Mutations in mitochondrial DNA (mtDNA) and mitochondrial dysfunction have been implicated in the pathogenesis of focal segmental glomerulosclerosis (FSGS). Now, Jeremy Duffield and colleagues report that in mice, a loss-of-function mutation in the Cox10 gene, which encodes a cofactor for complex IV of the electron transport chain, results in activation of the innate immune system and the development of FSGS.

“Mitochondria are a vestige of a symbiosis between eukaryotic cells and prokaryotic cells, so the mitochondria are hiding in plain sight from the intracellular innate immune sensing system,” explains Duffield. “We were interested in investigating whether dysfunctional mitochondria can activate the intracellular immune response.”

To answer this question, the researchers generated mice with nephron-specific knockout of Cox10. They report that these mice develop a severe, early-onset form of FSGS with tubulointerstitial damage, fibrosis, inflammation and premature death due to kidney failure.

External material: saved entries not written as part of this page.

//! Slots that are set free, and pages of free slots.

ghost use Rattle.std.specs.Prelude.{◌+◌, ◌^◌, ◌≤◌, IsTrue, OnOk, ◌≡◌, ℕ, ◌*◌, ◌<◌, length};
ghost use Rattle.rpm_pkgdb.specs.Prelude.{Anything, StoreBeforeOrAfter, end_of, Files, free, HasSlot, IsDurable, IsSlotFreed, IsSlotUnit, Pkg, pkg, Quiet, SameOutside, CrashLeavesFile, Store, unit_at, with_free, Writes};

use crate::slot::Slot;
use crate::units::{slot_unit, sync_pkg, write_one, write_units, write_zeros};
use rpm_outside::{Disk, Failed, copy_units};

/// A free slot.
pub const FREE: Slot = Slot {
    number: 0,
    offset: 0,
    count: 0,
};

/// Sets a slot free, and makes its blocks zeros.
pub fn free_slot<D: Disk>(disk: &mut D, place: u32, slot: Slot) -> Result<(), Failed>
    requires room { place + 3 ≤ 2 ^ 28 }
    requires end { end_of slot ≤ 2 ^ 28 }
    ensures freed { OnOk result (IsTrue D.tells → IsSlotFreed D.Disk disk.old disk.new place slot) }
    ensures images { IsTrue D.tells → (value : Store) → HasSlot value place slot → Quiet D.Disk disk.old value
        → CrashLeavesFile D.Disk disk.old disk.new (StoreBeforeOrAfter value (with_free place value) (pkg D.Disk disk.old)) }
    ensures writes { Writes D.Disk Pkg Anything 0 result disk.old disk.new }
{
    write_one(disk, 2 + place as u64, &slot_unit(FREE))?;
    // Only now: until the slot is durable they are the package.
    write_zeros(disk, slot.offset, slot.count)
}

/// Writes free slots in one write, at most a page of them, and makes them durable.
pub fn write_free_slots<D: Disk>(disk: &mut D, at: u32, count: u32) -> Result<(), Failed>
    requires some { 1 ≤ count }
    requires few { count ≤ 256 }
    requires room { at + count ≤ 2 ^ 28 }
    ensures slots { OnOk result (IsTrue D.tells → (i : ℕ) → at ≤ i → i < at + count → IsSlotUnit (unit_at (D.files disk.new).pkg i) free) }
    ensures long { OnOk result (IsTrue D.tells → at + count ≤ length (D.files disk.new).pkg) }
    ensures durable { OnOk result (IsTrue D.tells → IsDurable D.Disk Pkg disk.new) }
    ensures writes { Writes D.Disk Pkg (SameOutside at count) 0 result disk.old disk.new }
{
    let units = [slot_unit(FREE); 256];
    let mut page = [0u8; 4096];
    copy_units(&units, &mut page);
    write_units(disk, at as u64, &page[..16 * count as usize])?;
    sync_pkg(disk)
}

“We found evidence that not only does Cox10 silencing result in partial loss of mitochondrial function, but also that it results in activation of the intracellular sensing system for foreign or viral DNA,” says Duffield. Additional experiments suggested that loss of Cox10 in kidney epithelial cells leads to leakage of mtDNA into the cytosol and activation of the DNA sensor STING, resulting in the induction of an interferon response and activation of the innate immune system.

The researchers conclude that loss of COX10 is sufficient to cause severe FSGS. In addition, they hypothesize that the release of mtDNA may be a novel mechanism that contributes to the pathogenesis of FSGS in the setting of mitochondrial dysfunction.